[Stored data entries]

BEGIN

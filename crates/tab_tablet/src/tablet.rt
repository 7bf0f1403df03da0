//! The tablet.
ghost use Rattle.std.specs.Prelude.{◌≡◌, ◌<◌, ◌==◌, ◌++◌, [], None, Some, false, IfOk, OnOk, OnErr, Contains, length, filter, min};
ghost use Rattle.std.specs.Ordering.{is_le, is_gt};
ghost use Rattle.tab_key.specs.Bytes.{bytes_cmp};
ghost use Rattle.tab_key.specs.Ranges.{is_in_range};
ghost use Rattle.tab_key.specs.Records.{Record as Fields};
ghost use Rattle.tab_key.specs.Sorted.{sorted, IsDistinct};
ghost use Rattle.tab_iter.specs.Bags.{flat};
ghost use Rattle.tab_cells.specs.Written.{mutation_records};
ghost use Rattle.tab_version.specs.Sources.{clipped, count_of, left_by, records_of, size_of};
ghost use Rattle.tab_compact.specs.Merges.{captured};
ghost use Rattle.tab_tablet.specs.MergedRuns.{IsFreezeOf};
ghost use Rattle.tab_tablet.specs.Due.{is_due};
ghost use Rattle.tab_tablet.specs.Spared.{sources_after, jobs_after};
ghost use Rattle.tab_tablet.specs.Splitting.{cut_to, middle_row, rows_in};
ghost use Rattle.tab_tablet.specs.Tablets.{new_tablet, no_jobs, with_job, records_in, written, frozen, compacted, tabled, capture, begun, begins, fitting, sources_told, replaced, installed};
ghost use Rattle.tab_tablet.specs.declared.installed.Installed.TheVariants.{Done, Stale};

use crate::bounding::{rows_above, rows_up_to};
use crate::counting::{count_in_runs, count_records, total_size};
use crate::due::{DueKind, SPLIT_SIZE, has_plan};
use crate::freeze::Freeze;
use crate::freezing::{add_frozen, frozen_sources};
use crate::installed::Installed;
use crate::listing::version_of;
use crate::middle::middle_row;
use crate::ongoing_merges::Jobs;
use crate::restoring::table_of;
use crate::source_lists::SourceLists;
use crate::sources::Sources;
use std::alloc::{AllocError, Global};
use std::marker::Model;
use std::mem;
use tab_cells::Compaction;
use tab_compact::{Finished, Job, capture};
use tab_iter::NoMemory;
use tab_key::{Bounds, ByteString};
use tab_mem::Active;
use tab_mutation::Shaped;
use tab_version::{Clip, Clips, Version};

/// So many records that were written or lie in runs are to be flushed.
const MANY_RECORDS: u64 = 4096;

// Each table has a tablet from the beginning: what that may hold later lies apart, and takes memory then.
const _: () = prove!(mem::size_of::<Tablet>() <= 96);

/// The records of a table's rows: what was written since the last freeze, and frozen runs and sorted tables. No two records stand at
/// one place in the order of records. It has a number, and keeps which merges of it are under way, at most one of each kind. A contract
/// sees all of it as it is.
pub struct Tablet {
    number: u64,
    active: Active,
    sources: Sources,
    jobs: Jobs,
}
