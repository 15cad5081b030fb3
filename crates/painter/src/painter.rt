//! What paints: Denise as a working state, and the pixels of a clock.

ghost use Rattle.std.specs.Prelude.{ℕ, bit_or, ◌≡◌, ◌≤◌, ◌<◌, ◌+◌, ◌*◌, ◌/◌, ◌%◌, ◌∷◌, ◌++◌, [], length};
ghost use Rattle.std.specs.Prelude.{replicate, slice_index, slice_set, None, true, false, flat_map};
ghost use Rattle.planes.specs.PlaneBit.{ShowsSame, load_of};
ghost use Rattle.priority_ham.specs.PlaneCount.{is_hires};
ghost use Rattle.serial_model.specs.Picture.{pixels, colour_bytes, held_after, runs_after, runs_at, sprite_values, clock_collisions};
ghost use Rattle.collisions.specs.Collision.{collision_bits};
ghost use Rattle.serial_model.specs.Window.{is_inside};
ghost use Rattle.painter.specs.code.Overlay.{with_runs, shown_bits, covered_column, covered_collisions, column_over};
ghost use Rattle.painter.specs.code.Overlay.{column_collisions, clock_over, quiet_in_column, quiet_collisions};
ghost use Rattle.painter.specs.Inks.{is_held, backdrop};
ghost use Rattle.painter.specs.code.SpriteState.{attached_in};
ghost use Rattle.painter.specs.code.Starts.{IsIdle};
ghost use Rattle.plane_rows.specs.Line.{row_bits, ArePaired};
ghost use Rattle.ocs_base.specs.Systems.{is_visible};

use crate::ham::hold;
use crate::inks::{Inks, bytes_of, colour_of};
use crate::names::counted_planes;
use crate::overlay::cover;
use crate::pixels::{show_border, show_inks, show_modified};
use crate::sprite_state::SpriteState;
use crate::window::Window;
use collisions::do_playfields_meet;
use ocs_base::{Beam, Colour, Reg, System};
use plane_rows::{Line, line_of};
use planes::Loads;
use serial_model::Denise;

/// What paints: Denise's registers as a working state, the line's bitplanes and sprites as rows,
/// and the held colour as bytes.
#[derive(Drop)]
pub struct Painter {
    /// COLOR00 to COLOR31, BPLCON0 and BPLCON2.
    pub(crate) inks: Inks,
    /// BPLCON1.
    con1: u16,
    /// DIWSTRT and DIWSTOP.
    pub(crate) window: Window,
    /// CLXCON.
    pub(crate) clxcon: u16,
    /// The latches BPL1DAT to BPL6DAT.
    latches: [u16; 6],
    /// The sprites' registers, and their words that run.
    pub(crate) sprites: SpriteState,
    /// What the loads of this line show.
    pub(crate) line: Line,
    /// The bytes of the playfields' colour of the pixel before.
    pub(crate) held: [u8; 3],
}
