/// The same of more runs.
static LAST_RUNS: [(Devices, Run<'static>); 14] = [
    (
        IN_EIGHTS,
        refused!(
            "an add of a value twice",
            "dn: cn=f,dc=com\nchangetype: add\nsn: A\nsurname: a\n",
            "20 attributeOrValueExists"
        ),
    ),
    (
        IN_EIGHTS,
        refused!(
            "a content record",
            "dn: dc=com\ndc: com\n\n",
            "L5 BadChangetype"
        ),
    ),
    (
        IN_EIGHTS,
        refused!(
            "a rename that leaves two values where one is allowed",
            "dn: dc=a,dc=com\nchangetype: modrdn\nnewrdn: dc=b\ndeleteoldrdn: 0\n",
            "19 constraintViolation"
        ),
    ),
    (
        IN_EIGHTS,
        refused!(
            "an increment past the greatest number",
            "dn: cn=e,dc=com\nchangetype: modify\nadd: gidNumber\ngidNumber: 170141183460469231731687303715884105727\n-\n\
                increment: gidNumber\ngidNumber: 1\n-\n\n",
            "19 constraintViolation"
        ),
    ),
    (
        IN_EIGHTS,
        Run {
            shows: "refusals of renames come in order",
            options: GO_ON,
            changes: "dn: cn=p,dc=com\nchangetype: modrdn\nnewrdn: cn=r\ndeleteoldrdn: 1\nnewsuperior: cn=q,cn=p,dc=com\n\n\
                dn: cn=p,dc=com\nchangetype: modrdn\nnewrdn: cn=r\ndeleteoldrdn: 1\nnewsuperior: cn=none,dc=com\n\n\
                dn: cn=p,dc=com\nchangetype: modrdn\nnewrdn: cn=r\ndeleteoldrdn: 1\n",
            report: "line 1: refused, 53 unwillingToPerform\nline 7: refused, 32 noSuchObject\n\
                line 13: refused, 68 entryAlreadyExists\naccepted 0, refused 3\n",
            answer: "accepted 0, refused 3",
            ..REFUSING
        },
    ),
    (
        IN_EIGHTS,
        Run {
            shows: "an entry after its child has no parent",
            copy: "dn: cn=b,cn=a,dc=com\n\ndn: cn=a,dc=com\n",
            answer: "copy, line 3: 32 noSuchObject",
            ..FAULTY
        },
    ),
    (
        IN_EIGHTS,
        Run {
            shows: "a bad line in the copy",
            copy: "dn: dc=com\nsn\n",
            answer: "copy, line 1: L1 BadLine",
            ..FAULTY
        },
    ),
    (
        IN_EIGHTS,
        Run {
            shows: "an unknown version of the changes",
            changes: "version: 3\n",
            answer: "changes: L15 BadVersion",
            ..FAULTY
        },
    ),
    (
        IN_EIGHTS,
        Run {
            shows: "the same room with other spaces, and a second room",
            changes: "dn: cn=e,dc=com\nchangetype: modify\nadd: roomName\nroomName: a  1\n-\n\n\
            dn: cn=e,dc=com\nchangetype: modify\nadd: room\nroom: b\n-\n",
            report: "line 1: refused, 20 attributeOrValueExists\nline 7: refused, 19 constraintViolation\naccepted 0, refused 2\n",
            answer: "accepted 0, refused 2",
            ..UNDER_TYPES
        },
    ),
    (
        IN_EIGHTS,
        Run {
            shows: "several integers are incremented, past each other, and in the order of their texts",
            types: LEVEL,
            copy: LEVELS,
            changes: "dn: cn=e,dc=com\nchangetype: modify\nincrement: level\nlevel: 10\n-\n",
            undo: "version: 1\n\n# undo 1\ndn: cn=e,dc=com\nchangetype: modify\ndelete: Level\nLevel: 10\nLevel: 15\n-\n\
            add: Level\nLevel: -5\nLevel: 0\n-\n\n",
            out: "dn: dc=com\ndc: com\n\ndn: cn=e,dc=com\ncn: e\nLevel: 10\nLevel: 15\nLevel: 5\n\n",
            report: "accepted 1, refused 0\n",
            answer: "accepted 1, refused 0",
            back: Some(LEVELS),
            ..UNDER_TYPES
        },
    ),
    (
        IN_EIGHTS,
        Run {
            shows: "an entry is named by a room with other spaces",
            copy: ROOMS,
            changes: "dn: roomName=a  1,dc=com\nchangetype: delete\n",
            undo: "version: 1\n\n# undo 1\ndn: room=A 1,dc=com\nchangetype: add\nroom: A 1\n\n",
            out: "dn: dc=com\ndc: com\n\n",
            report: "accepted 1, refused 0\n",
            answer: "accepted 1, refused 0",
            back: Some(ROOMS),
            ..UNDER_TYPES
        },
    ),
    (
        Devices { config: 1, ..WHOLE },
        Run {
            shows: "a configuration that can't be read",
            types: ROOM,
            answer: "cannot read config",
            ..FAULTY
        },
    ),
    (
        Devices {
            config: 3,
            ..IN_EIGHTS
        },
        Run {
            shows: "nor after its first bytes",
            types: ROOM,
            answer: "cannot read config",
            ..FAULTY
        },
    ),
    (
        IN_EIGHTS,
        Run {
            shows: "a type that can't be added",
            types: "# two\n lines\nattributetype ( 1.2.3 NAME 'level' SUP nothing )\n",
            answer: "config, line 3: C12 BadType",
            ..FAULTY
        },
    ),
];

#[test]
fn runs_write_their_texts_and_are_taken_back(rt: HostRuntime) {
    for (devices, one) in &FIRST_RUNS {
        assert_run(&rt, rt.alloc(), devices, one);
    }
}

#[test]
fn more_runs_write_their_texts(rt: HostRuntime) {
    for (devices, one) in &MORE_RUNS {
        assert_run(&rt, rt.alloc(), devices, one);
    }
}

#[test]
fn the_last_runs_write_their_texts(rt: HostRuntime) {
    for (devices, one) in &LAST_RUNS {
        assert_run(&rt, rt.alloc(), devices, one);
    }
}
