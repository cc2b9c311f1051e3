ghost use Rattle.std.specs.Prelude.{◌≤◌, length};

use crate::dense::{get_at, push_at, remove_at, set_at};
use crate::refusal::Refusal;

// A list over given places, as the rule book has it. Its elements stand at the places 0 to `len - 1`,
// with no gap.
#[derive(Drop)]
pub struct DenseList<'a, T> {
    places: &'a mut [T],
    len: usize,
    ghost inside: { len ≤ length places.now },
}

// That a call keeps the room, and that a refused one changes nothing, stands in each contract: it sets
// the list after beside the list before, which no ghost field of one list can.
impl<'a, T: Copy> DenseList<'a, T> {
    ghost use Rattle.std.specs.Prelude.{◌≡◌, [], ◌∷◌, ◌++◌, length, if◌then◌else◌, nat_lt, Ok, Err, OnOk, OnErr, slice_set};
    ghost use Rattle.std.specs.List.{slice_get};
    ghost use Rattle.lists.specs.declared.refusal.Refusal.TheVariants.{NoSuchPlace, NoRoom};
    ghost use Rattle.lists.specs.Dense.{items, room, last_into_gap, GapFilled, IsUnchanged};

    // The empty list. What the places hold is not looked at.
    pub fn new(places: &'a mut [T]) -> DenseList<'a, T>
        ensures list { items result ≡ [] }
        ensures room { room result ≡ length places.old }
    {
        DenseList { places, len: 0 }
    }

    pub fn as_slice(&self) -> &[T]
        ensures { result.now ≡ items self.now }
    {
        &self.places[..self.len]
    }

    pub fn len(&self) -> usize
        ensures { result ≡ length (items self.now) }
    {
        self.as_slice().len()
    }

    // The element at `at`, or none past the end.
    pub fn get(&self, at: usize) -> Option<T>
        ensures { result ≡ slice_get (items self.now) at }
    {
        get_at(self.places, self.len, at)
    }

    // Puts `x` at the end; refused where no place is left.
    pub fn push(&mut self, x: T) -> Result<(), Refusal>
        ensures answer { result ≡ (if nat_lt (length (items self.old)) (room self.old) then Ok tt else Err NoRoom) }
        ensures list { OnOk result (items self.new ≡ items self.old ++ x ∷ []) }
        ensures refused { OnErr result (IsUnchanged self.old self.new) }
        ensures kept { room self.new ≡ room self.old }
    {
        self.len = push_at(self.places, self.len, x)?;
        Ok(())
    }

    // Takes out the element at `at`: the last one moves into the gap, and is answered unless it was
    // the one taken out. Refused past the end.
    pub fn remove(&mut self, at: usize) -> Result<Option<T>, Refusal>
        ensures answer { result ≡ (if nat_lt at (length (items self.old)) then Ok (slice_get (items self.new) at) else Err NoSuchPlace) }
        ensures list { OnOk result (items self.new ≡ last_into_gap (items self.old) at) }
        ensures law { OnOk result (GapFilled (items self.old) at (items self.new)) }
        ensures refused { OnErr result (IsUnchanged self.old self.new) }
        ensures kept { room self.new ≡ room self.old }
    {
        let moved = remove_at(self.places, self.len, at)?;
        self.len -= 1;
        Ok(moved)
    }

    // Writes `x` over the element at `at`; refused past the end.
    pub fn set(&mut self, at: usize, x: T) -> Result<(), Refusal>
        ensures answer { result ≡ (if nat_lt at (length (items self.old)) then Ok tt else Err NoSuchPlace) }
        ensures list { items self.new ≡ slice_set (items self.old) at x }
        ensures refused { OnErr result (IsUnchanged self.old self.new) }
        ensures kept { room self.new ≡ room self.old }
    {
        set_at(self.places, self.len, at, x)
    }

    pub fn clear(&mut self)
        ensures list { items self.new ≡ [] }
        ensures kept { room self.new ≡ room self.old }
    {
        self.len = 0;
    }
}
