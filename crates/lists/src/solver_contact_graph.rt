ghost use Rattle.std.specs.Prelude.{◌≡◌, ◌↔◌, IsTrue};
ghost use Rattle.lists.specs.Positions.{position, bucket_of, local_of, word_of, IsPresent, NamesOnePlace};

use crate::refusal::Refusal;

// The last bucket, of the manifolds that have a jointed body. Below it are one for each colour, and
// one for the manifolds that have none. Buckets go by number and not by an enum, since the number is
// a part of a position's word and the formats show it.
pub const GENERIC_BUCKET: u32 = 129;

// A manifold that the solver sees: its pair, and its ordinal among the pair's manifolds. Both are
// numbers, as the rule book has a reference be, and no borrows: the tables are given once.
#[derive(Clone, Copy, PartialEq, Eq, Debug)]
pub struct ContactRef {
    pub pair: u32,
    pub ordinal: u32,
}

// The places that a position can name in a bucket.
const LOCALS: u32 = 1 << 22;

// Where a manifold's reference stands: its bucket, and its place in the bucket's list. One word, with
// the place in its low 22 bits.
#[derive(Clone, Copy, PartialEq, Eq, Debug)]
pub struct GraphPos {
    word: u32,
}

impl GraphPos {
    // The manifold is in no bucket. It is a word like the others, and not an `Option`, since the rule
    // book has a manifold's entry hold one word for its position, with a value of its own for none.
    pub const NONE: GraphPos = GraphPos { word: u32::MAX };

    // Refused unless the bucket is at most 129 and the place fits its bits.
    #[tactic(auto, using(crate::proofs::Places::position_made, crate::proofs::Places::sole))]
    pub fn new(bucket: u32, local: u32) -> Result<GraphPos, Refusal>
        ensures value { result ≡ position bucket local }
        ensures law { NamesOnePlace bucket local result }
    {
        if bucket > GENERIC_BUCKET || local >= LOCALS {
            return Err(Refusal::NoSuchPlace);
        }
        Ok(GraphPos {
            word: bucket * LOCALS + local,
        })
    }

    pub fn is_some(self) -> bool
        ensures { IsTrue result ↔ IsPresent self }
    {
        self != Self::NONE
    }

    pub fn bucket(self) -> u32
        ensures { result ≡ bucket_of self }
    {
        self.word / LOCALS
    }

    pub fn local(self) -> u32
        ensures { result ≡ local_of self }
    {
        self.word % LOCALS
    }
}

// The position as one number: bucket × 4,194,304 + local.
impl From<GraphPos> for u32 {
    ghost from_gives = { λ pos word. word ≡ word_of pos };

    fn from(pos: GraphPos) -> u32 {
        pos.word
    }
}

END

» ASSIGNED TASK
Where in the records does the word "GapFilled" appear? Copy each line that holds it.

» WRITTEN SOLUTION
    ghost use Rattle.lists.specs.Dense.{items, room, last_into_gap, GapFilled, IsUnchanged};
        ensures law { OnOk result (GapFilled (items self.old) at (items self.new)) }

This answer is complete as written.